## Brief
In the entries below, identify every line with the string "Streamchar" and copy it.

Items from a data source
━━━━━━━━━━

//! Opcodes, by families, each of chapters of the dictionary.

ghost use Rattle.std.specs.Prelude.{◌≡◌, Some, IfSome};
ghost use Rattle.vm_operand.specs.Opcode.{opcode_number, op_of};
ghost use Rattle.vm_operand.specs.declared.opcode.Op.{Op};

/// What an instruction does (Glulx 3.1.3, "Dictionary of Opcodes").
#[derive(Clone, Copy, Debug, PartialEq, Eq)]
pub enum Op {
    Math(Math),
    Branch(Branch),
    Flow(Flow),
    Move(Move),
    Array(Array),
    Values(Values),
    Stream(Stream),
    State(State),
    System(System),
    Search(Search),
}

/// Arithmetic (Glulx 3.1.3, "Integer Math").
#[derive(Clone, Copy, Debug, PartialEq, Eq)]
pub enum Math {
    Add,
    Sub,
    Mul,
    Div,
    Mod,
    Neg,
    Bitand,
    Bitor,
    Bitxor,
    Bitnot,
    Shiftl,
    Sshiftr,
    Ushiftr,
}

/// Branches ("Branches").
#[derive(Clone, Copy, Debug, PartialEq, Eq)]
pub enum Branch {
    Jump,
    Jz,
    Jnz,
    Jeq,
    Jne,
    Jlt,
    Jge,
    Jgt,
    Jle,
    Jltu,
    Jgeu,
    Jgtu,
    Jleu,
    Jumpabs,
}

/// Calls, returns and continuations ("Functions", "Continuations").
#[derive(Clone, Copy, Debug, PartialEq, Eq)]
pub enum Flow {
    Call,
    Return,
    Catch,
    Throw,
    Tailcall,
    Callf,
    Callfi,
    Callfii,
    Callfiii,
}

/// Copies and sign extensions ("Moving Data").
#[derive(Clone, Copy, Debug, PartialEq, Eq)]
pub enum Move {
    Copy,
    Copys,
    Copyb,
    Sexs,
    Sexb,
}

/// Elements of arrays ("Array Data").
#[derive(Clone, Copy, Debug, PartialEq, Eq)]
pub enum Array {
    Aload,
    Aloads,
    Aloadb,
    Aloadbit,
    Astore,
    Astores,
    Astoreb,
    Astorebit,
}

/// Values on the stack ("The Stack").
#[derive(Clone, Copy, Debug, PartialEq, Eq)]
pub enum Values {
    Stkcount,
    Stkpeek,
    Stkswap,
    Stkroll,
    Stkcopy,
}

/// Output, its string table and its I/O system ("Output").
#[derive(Clone, Copy, Debug, PartialEq, Eq)]
pub enum Stream {
    Streamchar,
    Streamnum,
    Streamstr,
    Streamunichar,
    Getstringtbl,
    Setstringtbl,
    Getiosys,
    Setiosys,
}

/// The game's state and its saved ones ("Game State").
#[derive(Clone, Copy, Debug, PartialEq, Eq)]
pub enum State {
    Quit,
    Verify,
    Restart,
    Save,
    Restore,
    Saveundo,
    Restoreundo,
    Protect,
    Hasundo,
    Discardundo,
}

/// Memory's size, random numbers, acceleration and the rest ("Memory Map", "Random Number
/// Generator", "Accelerated Functions", "Miscellaneous").
#[derive(Clone, Copy, Debug, PartialEq, Eq)]
pub enum System {
    Nop,
    Gestalt,
    Debugtrap,
    Getmemsize,
    Setmemsize,
    Random,
    Setrandom,
    Glk,
    Accelfunc,
    Accelparam,
}

/// Searches, blocks and the heap ("Searching", "Block Copy and Clear", "Memory Allocation
/// Heap").
#[derive(Clone, Copy, Debug, PartialEq, Eq)]
pub enum Search {
    Linearsearch,
    Binarysearch,
    Linkedsearch,
    Mzero,
    Mcopy,
    Malloc,
    Mfree,
}

/// The row of the table with this number.
#[inline(always)]
#[tactic(auto, unfolding(crate::specs::Opcode::op_of, crate::specs::Opcode::opcodes))]
fn lookup(number: u32) -> Option<Op>
    ensures value { result ≡ op_of number }
{
    let op = match number {
        0x00 => Op::System(System::Nop),
        0x10 => Op::Math(Math::Add),
        0x11 => Op::Math(Math::Sub),
        0x12 => Op::Math(Math::Mul),
        0x13 => Op::Math(Math::Div),
        0x14 => Op::Math(Math::Mod),
        0x15 => Op::Math(Math::Neg),
        0x18 => Op::Math(Math::Bitand),
        0x19 => Op::Math(Math::Bitor),
        0x1A => Op::Math(Math::Bitxor),
        0x1B => Op::Math(Math::Bitnot),
        0x1C => Op::Math(Math::Shiftl),
        0x1D => Op::Math(Math::Sshiftr),
        0x1E => Op::Math(Math::Ushiftr),
        0x20 => Op::Branch(Branch::Jump),
        0x22 => Op::Branch(Branch::Jz),
        0x23 => Op::Branch(Branch::Jnz),
        0x24 => Op::Branch(Branch::Jeq),
        0x25 => Op::Branch(Branch::Jne),
        0x26 => Op::Branch(Branch::Jlt),
        0x27 => Op::Branch(Branch::Jge),
        0x28 => Op::Branch(Branch::Jgt),
        0x29 => Op::Branch(Branch::Jle),
        0x2A => Op::Branch(Branch::Jltu),
        0x2B => Op::Branch(Branch::Jgeu),
        0x2C => Op::Branch(Branch::Jgtu),
        0x2D => Op::Branch(Branch::Jleu),
        0x30 => Op::Flow(Flow::Call),
        0x31 => Op::Flow(Flow::Return),
        0x32 => Op::Flow(Flow::Catch),
        0x33 => Op::Flow(Flow::Throw),
        0x34 => Op::Flow(Flow::Tailcall),
        0x40 => Op::Move(Move::Copy),
        0x41 => Op::Move(Move::Copys),
        0x42 => Op::Move(Move::Copyb),
        0x44 => Op::Move(Move::Sexs),
        0x45 => Op::Move(Move::Sexb),
        0x48 => Op::Array(Array::Aload),
        0x49 => Op::Array(Array::Aloads),
        0x4A => Op::Array(Array::Aloadb),
        0x4B => Op::Array(Array::Aloadbit),
        0x4C => Op::Array(Array::Astore),
        0x4D => Op::Array(Array::Astores),
        0x4E => Op::Array(Array::Astoreb),
        0x4F => Op::Array(Array::Astorebit),
        0x50 => Op::Values(Values::Stkcount),
        0x51 => Op::Values(Values::Stkpeek),
        0x52 => Op::Values(Values::Stkswap),
        0x53 => Op::Values(Values::Stkroll),
        0x54 => Op::Values(Values::Stkcopy),
        0x70 => Op::Stream(Stream::Streamchar),
        0x71 => Op::Stream(Stream::Streamnum),
        0x72 => Op::Stream(Stream::Streamstr),
        0x73 => Op::Stream(Stream::Streamunichar),
        0x100 => Op::System(System::Gestalt),
        0x101 => Op::System(System::Debugtrap),
        0x102 => Op::System(System::Getmemsize),
        0x103 => Op::System(System::Setmemsize),
        0x104 => Op::Branch(Branch::Jumpabs),
        0x110 => Op::System(System::Random),
        0x111 => Op::System(System::Setrandom),
        0x120 => Op::State(State::Quit),
        0x121 => Op::State(State::Verify),
        0x122 => Op::State(State::Restart),
        0x123 => Op::State(State::Save),
        0x124 => Op::State(State::Restore),
        0x125 => Op::State(State::Saveundo),
        0x126 => Op::State(State::Restoreundo),
        0x127 => Op::State(State::Protect),
        0x128 => Op::State(State::Hasundo),
        0x129 => Op::State(State::Discardundo),
        0x130 => Op::System(System::Glk),
        0x140 => Op::Stream(Stream::Getstringtbl),
        0x141 => Op::Stream(Stream::Setstringtbl),
        0x148 => Op::Stream(Stream::Getiosys),
        0x149 => Op::Stream(Stream::Setiosys),
        0x150 => Op::Search(Search::Linearsearch),
        0x151 => Op::Search(Search::Binarysearch),
        0x152 => Op::Search(Search::Linkedsearch),
        0x160 => Op::Flow(Flow::Callf),
        0x161 => Op::Flow(Flow::Callfi),
        0x162 => Op::Flow(Flow::Callfii),
        0x163 => Op::Flow(Flow::Callfiii),
        0x170 => Op::Search(Search::Mzero),
        0x171 => Op::Search(Search::Mcopy),
        0x178 => Op::Search(Search::Malloc),
        0x179 => Op::Search(Search::Mfree),
        0x180 => Op::System(System::Accelfunc),
        0x181 => Op::System(System::Accelparam),
        _ => return None,
    };
    Some(op)
}

impl Op {
    /// The opcode of a number, or None where the table has none.
    #[inline(always)]
    pub fn of(number: u32) -> Option<Op>
        ensures value { result ≡ op_of number }
        ensures found { (op : Op) → opcode_number op ≡ number → result ≡ Some op }
        ensures only { IfSome result (λ op. opcode_number op ≡ number) }
    {
        lookup(number)
    }
}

━━━━━━━━━━

## Reply
    Streamchar,
        0x70 => Op::Stream(Stream::Streamchar),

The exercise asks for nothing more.